Aim of the exercise> Restate the records in full, keeping every word as it is.

Exercise material>
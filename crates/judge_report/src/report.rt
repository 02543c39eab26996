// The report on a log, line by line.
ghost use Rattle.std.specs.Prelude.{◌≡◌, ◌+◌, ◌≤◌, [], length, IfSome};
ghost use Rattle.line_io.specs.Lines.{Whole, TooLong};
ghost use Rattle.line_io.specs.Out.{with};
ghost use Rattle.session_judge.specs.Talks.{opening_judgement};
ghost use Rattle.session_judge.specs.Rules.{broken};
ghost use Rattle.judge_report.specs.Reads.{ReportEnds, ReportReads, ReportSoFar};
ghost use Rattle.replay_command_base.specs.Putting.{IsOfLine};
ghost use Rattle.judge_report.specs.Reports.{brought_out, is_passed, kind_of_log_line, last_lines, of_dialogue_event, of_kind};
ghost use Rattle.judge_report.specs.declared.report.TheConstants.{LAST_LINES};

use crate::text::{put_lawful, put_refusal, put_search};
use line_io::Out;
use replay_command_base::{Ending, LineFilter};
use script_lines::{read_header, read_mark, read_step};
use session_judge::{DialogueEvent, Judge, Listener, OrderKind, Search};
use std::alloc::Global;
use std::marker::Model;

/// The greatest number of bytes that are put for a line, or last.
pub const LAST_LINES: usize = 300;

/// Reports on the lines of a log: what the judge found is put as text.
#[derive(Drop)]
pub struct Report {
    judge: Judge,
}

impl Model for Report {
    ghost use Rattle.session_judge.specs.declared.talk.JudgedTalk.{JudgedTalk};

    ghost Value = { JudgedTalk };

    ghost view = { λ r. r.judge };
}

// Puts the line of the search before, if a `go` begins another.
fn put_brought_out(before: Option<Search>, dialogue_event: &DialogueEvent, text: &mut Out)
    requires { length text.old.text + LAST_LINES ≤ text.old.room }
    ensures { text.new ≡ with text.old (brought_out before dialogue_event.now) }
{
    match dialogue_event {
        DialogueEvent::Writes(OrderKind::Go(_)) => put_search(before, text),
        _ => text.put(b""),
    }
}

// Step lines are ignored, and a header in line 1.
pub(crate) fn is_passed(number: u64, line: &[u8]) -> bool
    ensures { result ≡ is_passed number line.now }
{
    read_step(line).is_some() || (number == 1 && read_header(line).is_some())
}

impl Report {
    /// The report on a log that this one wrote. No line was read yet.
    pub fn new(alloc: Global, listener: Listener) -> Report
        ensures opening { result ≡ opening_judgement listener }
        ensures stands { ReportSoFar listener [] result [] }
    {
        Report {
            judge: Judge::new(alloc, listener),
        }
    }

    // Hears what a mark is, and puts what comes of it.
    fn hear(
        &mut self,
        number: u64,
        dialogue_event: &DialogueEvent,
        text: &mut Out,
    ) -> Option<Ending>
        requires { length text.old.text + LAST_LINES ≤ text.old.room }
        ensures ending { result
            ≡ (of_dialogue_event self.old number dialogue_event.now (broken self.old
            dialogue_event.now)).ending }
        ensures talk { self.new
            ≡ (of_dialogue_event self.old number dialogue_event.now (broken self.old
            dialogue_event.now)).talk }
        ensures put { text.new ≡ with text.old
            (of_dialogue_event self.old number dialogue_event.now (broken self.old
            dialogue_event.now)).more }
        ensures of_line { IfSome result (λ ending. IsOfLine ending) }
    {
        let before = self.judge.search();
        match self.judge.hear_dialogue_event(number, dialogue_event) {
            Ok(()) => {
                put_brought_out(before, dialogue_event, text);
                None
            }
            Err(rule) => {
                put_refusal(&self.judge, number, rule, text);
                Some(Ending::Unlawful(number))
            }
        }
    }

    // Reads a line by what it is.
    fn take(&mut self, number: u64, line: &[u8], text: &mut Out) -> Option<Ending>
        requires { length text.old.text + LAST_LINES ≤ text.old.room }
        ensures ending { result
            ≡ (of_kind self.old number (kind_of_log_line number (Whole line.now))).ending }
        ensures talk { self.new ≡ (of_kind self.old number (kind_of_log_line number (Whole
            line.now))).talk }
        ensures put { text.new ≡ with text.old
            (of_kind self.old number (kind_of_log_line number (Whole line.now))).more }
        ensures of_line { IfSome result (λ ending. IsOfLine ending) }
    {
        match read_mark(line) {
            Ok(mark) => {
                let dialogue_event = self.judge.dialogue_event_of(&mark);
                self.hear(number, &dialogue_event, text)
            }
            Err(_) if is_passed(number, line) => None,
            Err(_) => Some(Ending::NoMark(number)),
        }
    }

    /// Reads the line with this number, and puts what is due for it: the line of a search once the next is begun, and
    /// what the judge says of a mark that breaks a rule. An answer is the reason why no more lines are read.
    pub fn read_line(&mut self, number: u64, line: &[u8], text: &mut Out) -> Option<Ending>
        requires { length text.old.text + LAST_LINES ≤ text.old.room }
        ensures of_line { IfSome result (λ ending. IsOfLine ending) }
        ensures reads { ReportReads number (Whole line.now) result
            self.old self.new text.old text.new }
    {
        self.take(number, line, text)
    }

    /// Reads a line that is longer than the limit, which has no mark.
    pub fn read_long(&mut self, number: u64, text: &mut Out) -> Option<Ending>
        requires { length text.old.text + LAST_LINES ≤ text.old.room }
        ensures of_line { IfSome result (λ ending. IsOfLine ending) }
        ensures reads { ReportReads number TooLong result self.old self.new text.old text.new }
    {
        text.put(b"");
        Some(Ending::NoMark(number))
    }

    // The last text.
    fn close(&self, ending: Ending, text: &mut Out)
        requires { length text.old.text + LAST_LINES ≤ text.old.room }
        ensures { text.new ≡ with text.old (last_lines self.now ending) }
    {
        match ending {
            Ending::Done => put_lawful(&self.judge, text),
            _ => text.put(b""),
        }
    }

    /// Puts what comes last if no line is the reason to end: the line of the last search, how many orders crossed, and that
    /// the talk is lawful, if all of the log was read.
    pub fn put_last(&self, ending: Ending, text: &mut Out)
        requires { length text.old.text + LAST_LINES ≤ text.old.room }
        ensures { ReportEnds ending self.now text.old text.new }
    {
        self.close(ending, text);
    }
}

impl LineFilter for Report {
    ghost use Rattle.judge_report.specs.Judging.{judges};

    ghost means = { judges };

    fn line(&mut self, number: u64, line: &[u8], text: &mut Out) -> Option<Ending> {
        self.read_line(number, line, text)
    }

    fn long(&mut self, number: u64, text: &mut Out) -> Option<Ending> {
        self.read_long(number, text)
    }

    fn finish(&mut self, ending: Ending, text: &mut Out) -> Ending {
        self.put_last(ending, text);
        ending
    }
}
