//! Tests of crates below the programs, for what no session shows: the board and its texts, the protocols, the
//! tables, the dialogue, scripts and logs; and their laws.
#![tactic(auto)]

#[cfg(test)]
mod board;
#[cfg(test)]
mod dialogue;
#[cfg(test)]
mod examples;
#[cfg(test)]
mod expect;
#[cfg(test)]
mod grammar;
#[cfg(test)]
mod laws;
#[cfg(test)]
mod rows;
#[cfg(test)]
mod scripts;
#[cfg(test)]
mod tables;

The answer>
filename crates/judge_report/src/report.rt
repository 02543c39eab26996
// The report on a log, line by line.
ghost use Rattle.std.specs.Prelude.{◌≡◌, ◌+◌, ◌≤◌, [], length, IfSome};
ghost use Rattle.line_io.specs.Lines.{Whole, TooLong};
ghost use Rattle.line_io.specs.Out.{with};
ghost use Rattle.session_judge.specs.Talks.{opening_judgement};
ghost use Rattle.session_judge.specs.Rules.{broken};
ghost use Rattle.judge_report.specs.Reads.{ReportEnds, ReportReads, ReportSoFar};
ghost use Rattle.replay_command_base.specs.Putting.{IsOfLine};
ghost use Rattle.judge_report.specs.Reports.{brought_out, is_passed, kind_of_log_line, last_lines, of_dialogue_event, of_kind};
ghost use Rattle.judge_report.specs.declared.report.TheConstants.{LAST_LINES};

use crate::text::{put_lawful, put_refusal, put_search};
use line_io::Out;
use replay_command_base::{Ending, LineFilter};
use script_lines::{read_header, read_mark, read_step};
use session_judge::{DialogueEvent, Judge, Listener, OrderKind, Search};
use std::alloc::Global;
use std::marker::Model;

/// The greatest number of bytes that are put for a line, or last.
pub const LAST_LINES: usize = 300;

/// Reports on the lines of a log: what the judge found is put as text.
#[derive(Drop)]
pub struct Report {
    judge: Judge,
}

impl Model for Report {
    ghost use Rattle.session_judge.specs.declared.talk.JudgedTalk.{JudgedTalk};

    ghost Value = { JudgedTalk };

    ghost view = { λ r. r.judge };
}

// Puts the line of the search before, if a `go` begins another.
fn put_brought_out(before: Option<Search>, dialogue_event: &DialogueEvent, text: &mut Out)
    requires { length text.old.text + LAST_LINES ≤ text.old.room }
    ensures { text.new ≡ with text.old (brought_out before dialogue_event.now) }
{
    match dialogue_event {
        DialogueEvent::Writes(OrderKind::Go(_)) => put_search(before, text),
        _ => text.put(b""),
    }
}

// Step lines are ignored, and a header in line 1.
pub(crate) fn is_passed(number: u64, line: &[u8]) -> bool
    ensures { result ≡ is_passed number line.now }
{
    read_step(line).is_some() || (number == 1 && read_header(line).is_some())
}

impl Report {
    /// The report on a log that this one wrote. No line was read yet.
    pub fn new(alloc: Global, listener: Listener) -> Report
        ensures opening { result ≡ opening_judgement listener }
        ensures stands { ReportSoFar listener [] result [] }
    {
        Report {
            judge: Judge::new(alloc, listener),
        }
    }

    // Hears what a mark is, and puts what comes of it.
    fn hear(
        &mut self,
        number: u64,
        dialogue_event: &DialogueEvent,
        text: &mut Out,
    ) -> Option<Ending>
        requires { length text.old.text + LAST_LINES ≤ text.old.room }
        ensures ending { result
            ≡ (of_dialogue_event self.old number dialogue_event.now (broken self.old
            dialogue_event.now)).ending }
        ensures talk { self.new
            ≡ (of_dialogue_event self.old number dialogue_event.now (broken self.old
            dialogue_event.now)).talk }
        ensures put { text.new ≡ with text.old
            (of_dialogue_event self.old number dialogue_event.now (broken self.old
            dialogue_event.now)).more }
        ensures of_line { IfSome result (λ ending. IsOfLine ending) }
    {
        let before = self.judge.search();
        match self.judge.hear_dialogue_event(number, dialogue_event) {
            Ok(()) => {
                put_brought_out(before, dialogue_event, text);
                None
            }
            Err(rule) => {
                put_refusal(&self.judge, number, rule, text);
                Some(Ending::Unlawful(number))
            }
        }
    }

    // Reads a line by what it is.
    fn take(&mut self, number: u64, line: &[u8], text: &mut Out) -> Option<Ending>
        requires { length text.old.text + LAST_LINES ≤ text.old.room }
        ensures ending { result
            ≡ (of_kind self.old number (kind_of_log_line number (Whole line.now))).ending }
        ensures talk { self.new ≡ (of_kind self.old number (kind_of_log_line number (Whole
            line.now))).talk }
        ensures put { text.new ≡ with text.old
            (of_kind self.old number (kind_of_log_line number (Whole line.now))).more }
        ensures of_line { IfSome result (λ ending. IsOfLine ending) }
    {
        match read_mark(line) {
            Ok(mark) => {
                let dialogue_event = self.judge.dialogue_event_of(&mark);
                self.hear(number, &dialogue_event, text)
            }
            Err(_) if is_passed(number, line) => None,
            Err(_) => Some(Ending::NoMark(number)),
        }
    }

    /// Reads the line with this number, and puts what is due for it: the line of a search once the next is begun, and
    /// what the judge says of a mark that breaks a rule. An answer is the reason why no more lines are read.
    pub fn read_line(&mut self, number: u64, line: &[u8], text: &mut Out) -> Option<Ending>
        requires { length text.old.text + LAST_LINES ≤ text.old.room }
        ensures of_line { IfSome result (λ ending. IsOfLine ending) }
        ensures reads { ReportReads number (Whole line.now) result
            self.old self.new text.old text.new }
    {
        self.take(number, line, text)
    }

    /// Reads a line that is longer than the limit, which has no mark.
    pub fn read_long(&mut self, number: u64, text: &mut Out) -> Option<Ending>
        requires { length text.old.text + LAST_LINES ≤ text.old.room }
        ensures of_line { IfSome result (λ ending. IsOfLine ending) }
        ensures reads { ReportReads number TooLong result self.old self.new text.old text.new }
    {
        text.put(b"");
        Some(Ending::NoMark(number))
    }

    // The last text.
    fn close(&self, ending: Ending, text: &mut Out)
        requires { length text.old.text + LAST_LINES ≤ text.old.room }
        ensures { text.new ≡ with text.old (last_lines self.now ending) }
    {
        match ending {
            Ending::Done => put_lawful(&self.judge, text),
            _ => text.put(b""),
        }
    }

    /// Puts what comes last if no line is the reason to end: the line of the last search, how many orders crossed, and that
    /// the talk is lawful, if all of the log was read.
    pub fn put_last(&self, ending: Ending, text: &mut Out)
        requires { length text.old.text + LAST_LINES ≤ text.old.room }
        ensures { ReportEnds ending self.now text.old text.new }
    {
        self.close(ending, text);
    }
}

impl LineFilter for Report {
    ghost use Rattle.judge_report.specs.Judging.{judges};

    ghost means = { judges };

    fn line(&mut self, number: u64, line: &[u8], text: &mut Out) -> Option<Ending> {
        self.read_line(number, line, text)
    }

    fn long(&mut self, number: u64, text: &mut Out) -> Option<Ending> {
        self.read_long(number, text)
    }

    fn finish(&mut self, ending: Ending, text: &mut Out) -> Ending {
        self.put_last(ending, text);
        ending
    }
}
//! Tests of crates below the programs, for what no session shows: the board and its texts, the protocols, the
//! tables, the dialogue, scripts and logs; and their laws.
#![tactic(auto)]

#[cfg(test)]
mod board;
#[cfg(test)]
mod dialogue;
#[cfg(test)]
mod examples;
#[cfg(test)]
mod expect;
#[cfg(test)]
mod grammar;
#[cfg(test)]
mod laws;
#[cfg(test)]
mod rows;
#[cfg(test)]
mod scripts;
#[cfg(test)]
mod tables;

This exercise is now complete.